1) The document provides definitions and formulas for calculating derivatives, including the derivative of a function at a point, the derivative function, and common derivatives of basic functions like polynomials, exponentials, logarithms, trigonometric functions, and inverse trigonometric functions.
2) Examples are given of calculating derivatives using the definition of the derivative, for functions like f(x)=3x^2, f(x)=x+1, and f(x)=1/x.
3) Rules are listed for calculating the derivatives of sums, products, quotients of functions using properties of derivatives.
The document defines two types of nonrectangular domains for double integrals. Type 1 is bounded by continuous functions y=f(x) and y=g(x) with a < x < b. Type 2 is bounded by continuous functions x=f(y) and x=g(y) with c < y < d. It provides an example of evaluating a double integral over a Type 1 domain bounded by y=x and y=2x-x^2, finding the volume over the domain to be 120/7. It also discusses describing the domains and the order of integration depends on the type of domain.
The document discusses limits and derivatives. It explains that in calculating the derivative of f(x)=x^2 - 2x + 2, the slope formula was simplified. As h approaches 0, the chords slide towards the tangent line, so the slope at (x,f(x)) is 2x-2. It then provides definitions and explanations for what it means for a variable to approach 0 from the right, left, or in general, to clarify the procedure of obtaining slopes using limits.

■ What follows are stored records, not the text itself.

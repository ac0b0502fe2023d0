// The parts of a task.
use crate::{Atoms, Conds, ObjectDecls, Predicates, Schemas, Types};
use containers::let_go;

/// What a domain and a problem declare, before it is known to be a task.
pub struct Parts {
    /// The types, `object` first.
    pub types: Types,
    /// The predicates.
    pub predicates: Predicates,
    /// The objects, the constants of the domain first.
    pub objects: ObjectDecls,
    /// The action schemas.
    pub schemas: Schemas,
    /// The atoms of the initial state.
    pub init: Atoms,
    /// The goal.
    pub goal: Conds,
}

/// All parts are let go in one call, so that a proof has one step for it and not one for each part.
impl Drop for Parts {
    fn drop(self) {
        let_go!(self: Parts { types, predicates, objects, schemas, init, goal });
    }
}
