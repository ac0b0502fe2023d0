// Action schemas.
use crate::{Conds, Effects, TypeNumbers};
use containers::ListOf;
use pd_sexp::Name;

/// An action with variables. Schemas are numbered from 0 in order of declaration.
#[derive(Drop)]
pub struct Schema {
    /// Its name.
    pub name: Name,
    /// The types of its parameters.
    pub parameters: TypeNumbers,
    /// The precondition.
    pub pre: Conds,
    /// What it does.
    pub effects: Effects,
}

/// The action schemas, by number.
pub type Schemas = ListOf<Schema>;
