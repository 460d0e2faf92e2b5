//! How an atom's truth goes over the rows of a trace, by where it turns.
ghost use Rattle.std.specs.Prelude.{◌≡◌, ◌<◌, ◌≤◌, ◌+◌, ℕ, Some, pos, true, length, nat_abs, slice_get};
ghost use Rattle.rational.specs.Rational.{whole};
ghost use Rattle.rational.specs.Line.{at};
ghost use Rattle.rational.specs.Places.{Same};
ghost use Rattle.stl_syntax.specs.Trace.{Trace as Recorded};
ghost use Rattle.stl_syntax.specs.Truth.{compares};
ghost use Rattle.atom_lines.specs.Binding.{Binding, IsAtomNode};
ghost use Rattle.atom_lines.specs.Gaps.{along};
ghost use Rattle.atom_lines.specs.Growing.{IsReachAt};
ghost use Rattle.atom_lines.specs.Legs.{BendsSo, IsLeg, TurnsOver, turning_place};
ghost use Rattle.atom_lines.specs.Steps.{StaysTo};

use crate::bound::Bound;
use crate::bound_atom::BoundAtom;
use crate::gap::Gap;
use crate::passage::{Crossing, Leg, Turning};
use crate::truth::{changes_sign, truth_at};
use crate::way::{Stay, stay_from, stay_of_one, turning};
use stl_syntax::Rel;
use trace_reader::Trace;

/// Right behind a whole time.
#[inline(always)]
fn right_behind(time: u32) -> Turning
    ensures { Same (turning_place result) (record { at = whole (pos time); after = true }) }
{
    Turning {
        at: Crossing {
            floor: time,
            rest: 0,
            den: 1,
        },
        after: true,
    }
}

/// Where a comparison turns on the open gap, or right behind its begin. A sum that comes to 0 at the gap's end alone turns nothing before it.
#[inline(always)]
fn turn_over(rel: Rel, gap: &Gap) -> Option<Turning>
    ensures inside { TurnsOver (whole (pos gap.now.first)) (whole (pos gap.now.second)) result }
    ensures bends { BendsSo (whole (pos gap.now.first)) (whole (pos gap.now.second)) (λ t. compares rel (at (along gap.now) t))
        (compares rel (whole gap.now.from)) result }
{
    let before = truth_at(rel, gap.from).holds();
    if truth_at(rel, gap.to).holds() == before {
        return None;
    }
    if changes_sign(gap) {
        let point = truth_at(rel, 0).holds();
        return Some(Turning {
            at: turning(gap),
            after: point == before,
        });
    }
    if gap.from == 0 {
        return Some(right_behind(gap.first));
    }
    None
}

/// The leg up to a row and over the step behind it, to the row `next`.
#[inline(always)]
fn leg_over(atom: &BoundAtom, stay: &Stay, next: usize) -> Leg
    requires { next ≡ stay.now.at + 1 }
    ensures leg { (b : Binding) (i : ℕ) (block : Recorded) (r last : ℕ) → slice_get b.atoms i ≡ Some (Some atom.now)
        → nat_abs atom.now.limit ≤ 1073741824
        → StaysTo atom.now block r last stay.now.at stay.now.step.gap stay.now.step.next → IsLeg b i block r result }
    ensures row { result.row ≡ next }
{
    let before = truth_at(atom.rel, stay.step.gap.from).holds();
    let there = truth_at(atom.rel, stay.step.next).holds();
    // Both cases are told whole, so that a leg without a turning goes by with no look at one.
    let Some(turn) = turn_over(atom.rel, &stay.step.gap) else {
        return Leg {
            row: next,
            sum: stay.step.next,
            turn: None,
            jumps: there != before,
        };
    };
    let over = !before;
    Leg {
        row: next,
        sum: stay.step.next,
        turn: Some(turn),
        jumps: there != over,
    }
}

/// How the atom's truth goes from row `r` on, where its sum is `from`: to the first row with a gap before it over which it may turn, or to the
/// row `last`.
#[inline(always)]
pub fn leg_from(bound: &Bound, node: u32, trace: &Trace, r: usize, last: usize, from: i64) -> Leg
    requires atom { IsAtomNode bound.now node }
    requires columns { length trace.now.header.columns ≡ bound.now.width }
    requires before { r < last }
    requires within { last < length trace.now.rows }
    requires from { IsReachAt bound.now node trace.now r from }
    ensures leg { IsLeg bound.now node trace.now r result }
    ensures last { result.row ≤ last }
{
    let atom = bound.atom(node);
    // Nearly all atoms have one term, and the rows over which such a one stays are the most of a check.
    if atom.terms.len() == 1 {
        let stay = stay_of_one(atom, trace, r, last, from);
        return leg_over(atom, &stay, stay.at + 1);
    }
    let stay = stay_from(atom, trace, r, last, from);
    leg_over(atom, &stay, stay.at + 1)
}
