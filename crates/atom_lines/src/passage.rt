//! How truths and margins go over gaps and rows, as values.
ghost use Rattle.std.specs.Prelude.{◌<◌};

use value_laws::Margin;

/// A time in ticks, `floor + rest / den`, in no lowest terms.
#[derive(Clone, Copy)]
pub struct Crossing {
    /// The whole ticks of the time: the last tick that is not after it.
    pub floor: u32,
    /// How many parts of a tick the time lies above them.
    pub rest: u32,
    /// How many parts a tick has.
    pub den: u32,
    pub ghost below: { rest < den },
}

/// How an atom's truth goes over the open gap between two rows.
#[derive(Clone, Copy)]
pub enum Passage {
    /// One truth on the whole gap.
    Steady(bool),
    /// The truth is `before` up to the time `at`, and the other one from there on. At that time it is `before` where `after` is true.
    Turns {
        before: bool,
        at: Crossing,
        after: bool,
    },
}

/// How an atom's truth goes from a row of a trace to a later one: it stays what it is at the first up to the row before the last, and
/// then takes the last gap.
#[derive(Clone, Copy)]
pub struct Way {
    /// The row at which the way ends.
    pub row: usize,
    /// How far the atom's sum lies above its constant there.
    pub sum: i64,
    /// How its truth goes over the gap before that row.
    pub passage: Passage,
    /// The atom's truth at that row.
    pub last: bool,
}

/// A place at which a truth turns.
#[derive(Clone, Copy)]
pub struct Turning {
    /// The time just before or just after which the truth turns.
    pub at: Crossing,
    /// Whether it turns just after that time, and not just before it.
    pub after: bool,
}

/// How an atom's truth goes from a row of a trace to a later one, by where it turns: it stays what it is at the first up to the row before
/// the last, may turn once on the gap behind that row, and may turn once more at the last.
#[derive(Clone, Copy)]
pub struct Leg {
    /// The row at which the leg ends.
    pub row: usize,
    /// How far the atom's sum lies above its constant there.
    pub sum: i64,
    /// Where its truth turns on the gap before that row, if it does: no earlier than right behind the gap's begin.
    pub turn: Option<Turning>,
    /// Whether its truth at that row is another one than just before it.
    pub jumps: bool,
}

/// How an atom's margin goes from a row of a trace to a later one: along one line, or as one constant.
#[derive(Clone, Copy)]
pub struct MarginWay {
    /// The row at which the way ends.
    pub row: usize,
    /// How far the atom's sum lies above its constant there.
    pub sum: i64,
    /// The atom's margin from the first row on, up to just before the last.
    pub margin: Margin,
}
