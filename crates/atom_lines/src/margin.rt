//! The margins of atoms.
ghost use Rattle.std.specs.Prelude.{◌≡◌, ◌≤◌, ◌^◌, pos, ℤ, IsTrue, false, neg_ℤ};
ghost use Rattle.std.specs.Int.RustNames.{unsigned_abs};
ghost use Rattle.rational.specs.Rational.{Rational, ◌≈◌, whole};
ghost use Rattle.rational.specs.Line.{at};
ghost use Rattle.rational.specs.Extended.{value_at, ◌≈ᵉ◌, finite};
ghost use Rattle.value_laws.specs.Margins.{margin_function, margin_base, is_ramp};
ghost use Rattle.stl_syntax.specs.SupInf.{margin};
ghost use Rattle.atom_lines.specs.Gaps.{along};
ghost use Rattle.atom_lines.specs.Signs.{signed};

use crate::gap::Gap;
use frac128::{Frac, Ramp};
use stl_syntax::Rel;
use value_laws::Margin;

/// By how far a comparison holds whose sum lies `value` above its constant.
fn signed_value(rel: Rel, value: i64) -> i64
    requires { unsigned_abs value ≤ 2 ^ 31 }
    ensures { result ≡ signed rel value }
{
    match rel {
        Rel::AtLeast | Rel::Above => value,
        Rel::AtMost | Rel::Below => -value,
    }
}

/// The margin of a comparison whose sum lies `value` above its constant.
pub(crate) fn margin_at(rel: Rel, value: i64) -> Margin
    requires { unsigned_abs value ≤ 2 ^ 31 }
    ensures worth { (t : Rational) → value_at (margin_function result) t ≈ᵉ finite (margin rel (whole value)) }
    ensures level { is_ramp result ≡ false }
{
    Margin::Fixed(Frac::of(signed_value(rel, value)))
}

/// The margin of a comparison on the gap.
pub(crate) fn margin_between(rel: Rel, gap: &Gap) -> Margin
    ensures worth { (t : Rational) → value_at (margin_function result) t ≈ᵉ finite (margin rel (at (along gap.now) t)) }
    ensures base { IsTrue (is_ramp result) → margin_base result ≡ pos gap.now.first }
{
    let from = signed_value(rel, gap.from);
    let to = signed_value(rel, gap.to);
    if from == to {
        return Margin::Fixed(Frac::of(from));
    }
    Margin::Ramp(Ramp::make(
        i64::from(gap.first),
        from,
        to - from,
        gap.second - gap.first,
    ))
}
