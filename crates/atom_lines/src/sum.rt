//! The sum of an atom over the values of one row or of two.
ghost use Rattle.std.specs.Prelude.{◌≡◌, ◌<◌, ◌≤◌, ◌^◌, ◌*ℤ◌, ◌-ℤ◌, [], ◌∷◌, length, nat_abs};
ghost use Rattle.std.specs.Int.RustNames.{unsigned_abs};
ghost use Rattle.atom_lines.specs.Sums.{cell, sum_over, reach, IsAtomSound};

use crate::bound_atom::{BoundAtom, BoundTerm};
use crate::cells::Cells;

/// A step's value in the first row, and a ramp's in the second.
fn cell_of<C: Cells>(term: &BoundTerm, first: &C, second: &C) -> i32
    requires first { term.now.column < length (C.values first.now) }
    requires second { term.now.column < length (C.values second.now) }
    ensures at { result ≡ cell term.now (C.values first.now) (C.values second.now) }
    ensures small { nat_abs result ≤ 16777216 }
{
    if term.step {
        return first.cell(term.column);
    }
    second.cell(term.column)
}

/// A coefficient times a value.
fn product(coef: i32, value: i32) -> i64
    requires coef { nat_abs coef ≤ 16 }
    requires value { nat_abs value ≤ 16777216 }
    ensures value { result ≡ coef *ℤ value }
    ensures small { nat_abs result ≤ 2 ^ 28 }
{
    i64::from(coef) * i64::from(value)
}

/// A term's value, by its cell.
fn term_value<C: Cells>(term: &BoundTerm, first: &C, second: &C) -> i64
    requires coef { nat_abs term.now.coef ≤ 16 }
    requires first { term.now.column < length (C.values first.now) }
    requires second { term.now.column < length (C.values second.now) }
    ensures value { result ≡ term.now.coef *ℤ cell term.now (C.values first.now) (C.values second.now) }
    ensures small { nat_abs result ≤ 2 ^ 28 }
{
    product(term.coef, cell_of(term, first, second))
}

/// The sum of the terms, with steps from the first row and ramps from the second, less the constant. The same row twice gives
/// the sum at that row.
pub(crate) fn reach_of<C: Cells>(atom: &BoundAtom, first: &C, second: &C) -> i64
    requires sound { IsAtomSound (length (C.values first.now)) atom.now }
    requires width { length (C.values second.now) ≡ length (C.values first.now) }
    ensures value { result ≡ reach atom.now (C.values first.now) (C.values second.now) }
    ensures small { unsigned_abs (sum_over atom.now.terms.items (C.values first.now) (C.values second.now)) ≤ 2 ^ 30 }
{
    let mut sum: i64 = 0;
    for term in &atom.terms {
        sum += term_value(term, first, second);
    }
    sum - i64::from(atom.limit)
}

/// A term's value as the gap before the second row ends, and its value at that row: a step changes only there.
fn term_values<C: Cells>(term: &BoundTerm, first: &C, second: &C) -> (i64, i64)
    requires coef { nat_abs term.now.coef ≤ 16 }
    requires first { term.now.column < length (C.values first.now) }
    requires second { term.now.column < length (C.values second.now) }
    ensures to { result.0 ≡ term.now.coef *ℤ cell term.now (C.values first.now) (C.values second.now) }
    ensures next { result.1 ≡ term.now.coef *ℤ cell term.now (C.values second.now) (C.values second.now) }
    ensures small_to { nat_abs result.0 ≤ 2 ^ 28 }
    ensures small_next { nat_abs result.1 ≤ 2 ^ 28 }
{
    let next = product(term.coef, second.cell(term.column));
    if !term.step {
        return (next, next);
    }
    (product(term.coef, first.cell(term.column)), next)
}

/// The sum of the terms as the gap before the second row ends, and that at the second row, each less the constant: both in one pass.
pub(crate) fn reaches_of<C: Cells>(atom: &BoundAtom, first: &C, second: &C) -> (i64, i64)
    requires sound { IsAtomSound (length (C.values first.now)) atom.now }
    requires width { length (C.values second.now) ≡ length (C.values first.now) }
    ensures to { result.0 ≡ reach atom.now (C.values first.now) (C.values second.now) }
    ensures next { result.1 ≡ reach atom.now (C.values second.now) (C.values second.now) }
    ensures small_to { unsigned_abs (sum_over atom.now.terms.items (C.values first.now) (C.values second.now)) ≤ 2 ^ 30 }
    ensures small_next { unsigned_abs (sum_over atom.now.terms.items (C.values second.now) (C.values second.now)) ≤ 2 ^ 30 }
{
    let mut to: i64 = 0;
    let mut next: i64 = 0;
    for term in &atom.terms {
        let (there, here) = term_values(term, first, second);
        to += there;
        next += here;
    }
    (to - i64::from(atom.limit), next - i64::from(atom.limit))
}

/// The one term of an atom.
#[inline(always)]
fn only_term(atom: &BoundAtom) -> &BoundTerm
    requires { length atom.now.terms.items ≡ 1 }
    ensures { atom.now.terms.items ≡ result.now ∷ [] }
{
    &atom.terms[0]
}

/// A coefficient times a value, less the constant.
#[inline(always)]
fn above_limit(coef: i32, value: i32, limit: i32) -> i64
    requires coef { nat_abs coef ≤ 16 }
    requires value { nat_abs value ≤ 16777216 }
    requires limit { nat_abs limit ≤ 1073741824 }
    ensures value { result ≡ coef *ℤ value -ℤ limit }
    ensures small { nat_abs (coef *ℤ value) ≤ 2 ^ 28 }
{
    product(coef, value) - i64::from(limit)
}

/// The sum at a row, as `reach_of` has it of the same row twice.
#[inline(always)]
pub(crate) fn reach_here<C: Cells>(atom: &BoundAtom, row: &C) -> i64
    requires sound { IsAtomSound (length (C.values row.now)) atom.now }
    ensures value { result ≡ reach atom.now (C.values row.now) (C.values row.now) }
    ensures small { unsigned_abs (sum_over atom.now.terms.items (C.values row.now) (C.values row.now)) ≤ 2 ^ 30 }
{
    if atom.terms.len() != 1 {
        return reach_of(atom, row, row);
    }
    let term = only_term(atom);
    above_limit(term.coef, row.cell(term.column), atom.limit)
}

/// The sums of `reaches_of`, where that at the first row is `from`: one term that is a step keeps it up to the second row, and one that is
/// a ramp comes to what it is there.
#[inline(always)]
pub(crate) fn reaches_from<C: Cells>(
    atom: &BoundAtom,
    from: i64,
    first: &C,
    second: &C,
) -> (i64, i64)
    requires sound { IsAtomSound (length (C.values first.now)) atom.now }
    requires width { length (C.values second.now) ≡ length (C.values first.now) }
    requires from { from ≡ reach atom.now (C.values first.now) (C.values first.now) }
    requires small { unsigned_abs (sum_over atom.now.terms.items (C.values first.now) (C.values first.now)) ≤ 2 ^ 30 }
    ensures to { result.0 ≡ reach atom.now (C.values first.now) (C.values second.now) }
    ensures next { result.1 ≡ reach atom.now (C.values second.now) (C.values second.now) }
    ensures small_to { unsigned_abs (sum_over atom.now.terms.items (C.values first.now) (C.values second.now)) ≤ 2 ^ 30 }
    ensures small_next { unsigned_abs (sum_over atom.now.terms.items (C.values second.now) (C.values second.now)) ≤ 2 ^ 30 }
{
    if atom.terms.len() != 1 {
        return reaches_of(atom, first, second);
    }
    let term = only_term(atom);
    let next = above_limit(term.coef, second.cell(term.column), atom.limit);
    if term.step {
        return (from, next);
    }
    (next, next)
}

1. A differential equation is an equation that relates an unknown function with some of its derivatives. The document provides a step-by-step example of solving a differential equation to find the xy-equation of a curve with a given gradient condition.
2. The key steps are: (1) write the derivative term as a fraction, (2) integrate both sides, (3) apply the initial condition to determine the constant term, (4) write the final function relationship.
3. Common types of differential equations discussed are separable first order equations, where the derivative terms can be isolated by dividing both sides.
The document discusses double integrals and their use in calculating volumes. It explains that double integrals allow calculating the volume of a solid over a domain D by integrating the height function f(x,y) over D. Three methods are provided: integrating cross-sectional areas A(x) or A(y) with respect to x or y; directly using the fundamental theorem of calculus by partitioning D into subrectangles and summing the approximate volumes; and writing the calculation as a double integral of f(x,y) over D.
The document discusses general partial derivatives and the chain rule. It defines partial derivatives for functions of multiple variables as holding all other variables constant. It provides an example function z = f(v,w,x,y) and explains how to compute the partial derivatives dz/dx, dz/dy by treating the other variables as constants. The chain rule is introduced for functions of composite variables, where the derivative dz/dt is the sum of the products of partial derivatives along all paths from z to the variable t. An example using this chain rule is worked out in detail. Variable trees are presented as a way to visualize the relationships between composite variables in a chain.
The document defines relative and absolute maxima and minima for functions z=f(x,y). A relative maximum occurs when f(a,b) is greater than f(x,y) within a neighborhood circle of (a,b). An absolute maximum occurs when f(a,b) is greater than f(x,y) over the entire domain. Similarly for minima with the inequalities reversed. Extrema refer to maxima and minima. For a continuous function over a closed and bounded domain, absolute extrema exist and occur either in the interior or on the boundary. Examples find and classify extrema of functions.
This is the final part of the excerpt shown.